* _What is expected_: Would you repeat the entries beneath, with nothing changed?

++++ Exercise materials ++++

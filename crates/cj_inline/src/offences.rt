//! Why a callee can't stand in the place of a call.

ghost use Rattle.std.specs.Prelude.{◌≡◌, ◌+◌, ◌≤◌, ◌<◌, max, length, nat_lt, Some, None, IfOk, IfErr};
ghost use Rattle.cj_ir.specs.declared.language.Program.{Program};
ghost use Rattle.cj_draft.specs.declared.code.Code.{Code};
ghost use Rattle.cj_draft.specs.WellNamed.{IsPointFine, WellNamed};
ghost use Rattle.cj_inline.specs.Inlining.{greatest_of, target_frames, back_frames, place_frames, most_frames, called_by, called, called_at, full_offence, room_offence, callee_offence, inline_offence};

use cj_draft::limits::{MAX_CODE_LABELS, MAX_CODE_REGS, MAX_FRAMES};
use cj_draft::{Back, Code, Draft, Facts, Place, Room, Skipped, VInstr};
use cj_ir::{FunId, Label};

/// The function that the draft calls at a label, where a run may come to it. What is inlined there is a draft of it.
///
/// `Err`: the label is not in the draft (`NoPlace`), or holds no call, or no run comes to it (`NotCall`). Inlining is then
/// skipped for that reason, whatever the callee.
#[tactic(auto, unfolding(crate::specs::Inlining::called_at, crate::specs::Inlining::called_in, crate::specs::Inlining::inline_offence, crate::specs::Inlining::offence_at, crate::specs::Inlining::offence_by))]
pub fn called_at(draft: &Draft<'_>, call: Label) -> Result<FunId, Skipped>
    ensures called { IfOk result (λ f. called_at draft.now.code call ≡ Some f) }
    ensures exists { IfOk result (λ f. f.0 < length draft.now.program.functions) }
    ensures none { IfErr result (λ skipped. called_at draft.now.code call ≡ None) }
    ensures skipped { IfErr result (λ skipped. (callee : Code) → inline_offence draft.now.code call callee ≡ Some skipped) }
{
    let Some(place) = draft.code().places.items().get(call.0 as usize) else {
        return Err(Skipped::NoPlace { label: call });
    };
    match called(place) {
        Some(function) => Ok(function),
        None => Err(Skipped::NotCall { label: call }),
    }
}

/// Why the callee does not stand in the place of the call: the first of the conditions that holds.
#[tactic(auto, unfolding(crate::specs::Inlining::inline_offence, crate::specs::Inlining::offence_at, crate::specs::Inlining::offence_by))]
pub(crate) fn inline_offence(code: &Code, call: Label, callee: &Code) -> Option<Skipped>
    requires code { (P : Program) × WellNamed P code.now }
    requires callee { (P : Program) × WellNamed P callee.now }
    ensures { result ≡ inline_offence code.now call callee.now }
{
    let Some(place) = code.places.items().get(call.0 as usize) else {
        return Some(Skipped::NoPlace { label: call });
    };
    let Some(function) = called(place) else {
        return Some(Skipped::NotCall { label: call });
    };
    callee_offence(code, callee, place, function)
}

/// The function that a place calls, where a run may come to it.
#[tactic(auto, unfolding(crate::specs::Inlining::called, crate::specs::Inlining::if_reached, crate::specs::Inlining::called_by))]
fn called(place: &Place) -> Option<FunId>
    ensures { result ≡ called place.now }
{
    match (&place.facts, &place.instr) {
        (Facts::Known(_), VInstr::Call { function, .. }) => Some(*function),
        _ => None,
    }
}

/// Why the callee does not stand in a place that calls this function.
#[tactic(auto, unfolding(crate::specs::Inlining::callee_offence, crate::specs::Inlining::if_other))]
fn callee_offence(code: &Code, callee: &Code, place: &Place, function: FunId) -> Option<Skipped>
    requires code { (P : Program) × WellNamed P code.now }
    requires callee { (P : Program) × WellNamed P callee.now }
    requires point { (P : Program) × IsPointFine P code.now.regs place.now.point }
    ensures { result ≡ callee_offence code.now callee.now place.now function }
{
    if callee.function.0 != function.0 {
        return Some(Skipped::Other { function });
    }
    let most = most_frames(callee.places.items());
    let frames = place.point.frames.items().len() + most;
    let labels = code.places.items().len() + callee.places.items().len();
    room_offence(frames as u32, code.regs + callee.regs, labels as u32)
}

/// Which limit so many frames, registers and labels are above.
#[tactic(auto, unfolding(crate::specs::Inlining::room_offence, crate::specs::Inlining::if_deep, crate::specs::Inlining::full_offence, cj_rows::specs::Rooms::if_full))]
fn room_offence(frames: u32, regs: u32, labels: u32) -> Option<Skipped>
    ensures { result ≡ room_offence frames regs labels }
{
    if frames > MAX_FRAMES {
        return Some(Skipped::Deep { frames });
    }
    if regs > MAX_CODE_REGS {
        return Some(Skipped::Full {
            room: Room::Registers,
            count: regs,
        });
    }
    if labels > MAX_CODE_LABELS {
        return Some(Skipped::Full {
            room: Room::Labels,
            count: labels,
        });
    }
    None
}

/// The greatest number of frames of a point, target or pair of the places.
#[tactic(auto, unfolding(crate::specs::Inlining::most_frames, crate::specs::Inlining::greatest_of))]
fn most_frames(places: &[Place]) -> usize
    ensures { result ≡ most_frames places.now }
{
    let mut most = 0;
    'each: for place in places {
        most = greater(most, place_frames(place));
    }
    most
}

/// The greatest number of frames of a place's point, target and pairs.
#[tactic(auto, unfolding(crate::specs::Inlining::place_frames))]
fn place_frames(place: &Place) -> usize
    ensures { result ≡ place_frames place.now }
{
    let targeted = target_frames(&place.instr);
    let backs = backs_frames(place.backs.items());
    greater(place.point.frames.items().len(), greater(targeted, backs))
}

#[tactic(auto, unfolding(crate::specs::Inlining::target_frames))]
fn target_frames(instr: &VInstr) -> usize
    ensures { result ≡ target_frames instr.now }
{
    match instr {
        VInstr::Assume { target, .. } | VInstr::Anchor { target, .. } => target
            .frames
            .items()
            .len(),
        _ => 0,
    }
}

#[tactic(auto, unfolding(crate::specs::Inlining::back_frames))]
fn back_frames(pair: &Back) -> usize
    ensures { result ≡ back_frames pair.now }
{
    pair.point.frames.items().len()
}

/// The greatest number of frames of the pairs.
#[tactic(auto, unfolding(crate::specs::Inlining::greatest_of))]
fn backs_frames(backs: &[Back]) -> usize
    ensures { result ≡ greatest_of back_frames backs.now }
{
    let mut most = 0;
    'each: for pair in backs {
        most = greater(most, back_frames(pair));
    }
    most
}

fn greater(one: usize, other: usize) -> usize
    ensures { result ≡ max one other }
{
    if one < other { other } else { one }
}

++++

* _Result of this exercise_:
filename crates/cj_inline/src/offences.rt
//! Why a callee can't stand in the place of a call.

ghost use Rattle.std.specs.Prelude.{◌≡◌, ◌+◌, ◌≤◌, ◌<◌, max, length, nat_lt, Some, None, IfOk, IfErr};
ghost use Rattle.cj_ir.specs.declared.language.Program.{Program};
ghost use Rattle.cj_draft.specs.declared.code.Code.{Code};
ghost use Rattle.cj_draft.specs.WellNamed.{IsPointFine, WellNamed};
ghost use Rattle.cj_inline.specs.Inlining.{greatest_of, target_frames, back_frames, place_frames, most_frames, called_by, called, called_at, full_offence, room_offence, callee_offence, inline_offence};

use cj_draft::limits::{MAX_CODE_LABELS, MAX_CODE_REGS, MAX_FRAMES};
use cj_draft::{Back, Code, Draft, Facts, Place, Room, Skipped, VInstr};
use cj_ir::{FunId, Label};

/// The function that the draft calls at a label, where a run may come to it. What is inlined there is a draft of it.
///
/// `Err`: the label is not in the draft (`NoPlace`), or holds no call, or no run comes to it (`NotCall`). Inlining is then
/// skipped for that reason, whatever the callee.
#[tactic(auto, unfolding(crate::specs::Inlining::called_at, crate::specs::Inlining::called_in, crate::specs::Inlining::inline_offence, crate::specs::Inlining::offence_at, crate::specs::Inlining::offence_by))]
pub fn called_at(draft: &Draft<'_>, call: Label) -> Result<FunId, Skipped>
    ensures called { IfOk result (λ f. called_at draft.now.code call ≡ Some f) }
    ensures exists { IfOk result (λ f. f.0 < length draft.now.program.functions) }
    ensures none { IfErr result (λ skipped. called_at draft.now.code call ≡ None) }
    ensures skipped { IfErr result (λ skipped. (callee : Code) → inline_offence draft.now.code call callee ≡ Some skipped) }
{
    let Some(place) = draft.code().places.items().get(call.0 as usize) else {
        return Err(Skipped::NoPlace { label: call });
    };
    match called(place) {
        Some(function) => Ok(function),
        None => Err(Skipped::NotCall { label: call }),
    }
}

/// Why the callee does not stand in the place of the call: the first of the conditions that holds.
#[tactic(auto, unfolding(crate::specs::Inlining::inline_offence, crate::specs::Inlining::offence_at, crate::specs::Inlining::offence_by))]
pub(crate) fn inline_offence(code: &Code, call: Label, callee: &Code) -> Option<Skipped>
    requires code { (P : Program) × WellNamed P code.now }
    requires callee { (P : Program) × WellNamed P callee.now }
    ensures { result ≡ inline_offence code.now call callee.now }
{
    let Some(place) = code.places.items().get(call.0 as usize) else {
        return Some(Skipped::NoPlace { label: call });
    };
    let Some(function) = called(place) else {
        return Some(Skipped::NotCall { label: call });
    };
    callee_offence(code, callee, place, function)
}

/// The function that a place calls, where a run may come to it.
#[tactic(auto, unfolding(crate::specs::Inlining::called, crate::specs::Inlining::if_reached, crate::specs::Inlining::called_by))]
fn called(place: &Place) -> Option<FunId>
    ensures { result ≡ called place.now }
{
    match (&place.facts, &place.instr) {
        (Facts::Known(_), VInstr::Call { function, .. }) => Some(*function),
        _ => None,
    }
}

/// Why the callee does not stand in a place that calls this function.
#[tactic(auto, unfolding(crate::specs::Inlining::callee_offence, crate::specs::Inlining::if_other))]
fn callee_offence(code: &Code, callee: &Code, place: &Place, function: FunId) -> Option<Skipped>
    requires code { (P : Program) × WellNamed P code.now }
    requires callee { (P : Program) × WellNamed P callee.now }
    requires point { (P : Program) × IsPointFine P code.now.regs place.now.point }
    ensures { result ≡ callee_offence code.now callee.now place.now function }
{
    if callee.function.0 != function.0 {
        return Some(Skipped::Other { function });
    }
    let most = most_frames(callee.places.items());
    let frames = place.point.frames.items().len() + most;
    let labels = code.places.items().len() + callee.places.items().len();
    room_offence(frames as u32, code.regs + callee.regs, labels as u32)
}

/// Which limit so many frames, registers and labels are above.
#[tactic(auto, unfolding(crate::specs::Inlining::room_offence, crate::specs::Inlining::if_deep, crate::specs::Inlining::full_offence, cj_rows::specs::Rooms::if_full))]
fn room_offence(frames: u32, regs: u32, labels: u32) -> Option<Skipped>
    ensures { result ≡ room_offence frames regs labels }
{
    if frames > MAX_FRAMES {
        return Some(Skipped::Deep { frames });
    }
    if regs > MAX_CODE_REGS {
        return Some(Skipped::Full {
            room: Room::Registers,
            count: regs,
        });
    }
    if labels > MAX_CODE_LABELS {
        return Some(Skipped::Full {
            room: Room::Labels,
            count: labels,
        });
    }
    None
}

/// The greatest number of frames of a point, target or pair of the places.
#[tactic(auto, unfolding(crate::specs::Inlining::most_frames, crate::specs::Inlining::greatest_of))]
fn most_frames(places: &[Place]) -> usize
    ensures { result ≡ most_frames places.now }
{
    let mut most = 0;
    'each: for place in places {
        most = greater(most, place_frames(place));
    }
    most
}

/// The greatest number of frames of a place's point, target and pairs.
#[tactic(auto, unfolding(crate::specs::Inlining::place_frames))]
fn place_frames(place: &Place) -> usize
    ensures { result ≡ place_frames place.now }
{
    let targeted = target_frames(&place.instr);
    let backs = backs_frames(place.backs.items());
    greater(place.point.frames.items().len(), greater(targeted, backs))
}

#[tactic(auto, unfolding(crate::specs::Inlining::target_frames))]
fn target_frames(instr: &VInstr) -> usize
    ensures { result ≡ target_frames instr.now }
{
    match instr {
        VInstr::Assume { target, .. } | VInstr::Anchor { target, .. } => target
            .frames
            .items()
            .len(),
        _ => 0,
    }
}

#[tactic(auto, unfolding(crate::specs::Inlining::back_frames))]
fn back_frames(pair: &Back) -> usize
    ensures { result ≡ back_frames pair.now }
{
    pair.point.frames.items().len()
}

/// The greatest number of frames of the pairs.
#[tactic(auto, unfolding(crate::specs::Inlining::greatest_of))]
fn backs_frames(backs: &[Back]) -> usize
    ensures { result ≡ greatest_of back_frames backs.now }
{
    let mut most = 0;
    'each: for pair in backs {
        most = greater(most, back_frames(pair));
    }
    most
}

fn greater(one: usize, other: usize) -> usize
    ensures { result ≡ max one other }
{
    if one < other { other } else { one }
}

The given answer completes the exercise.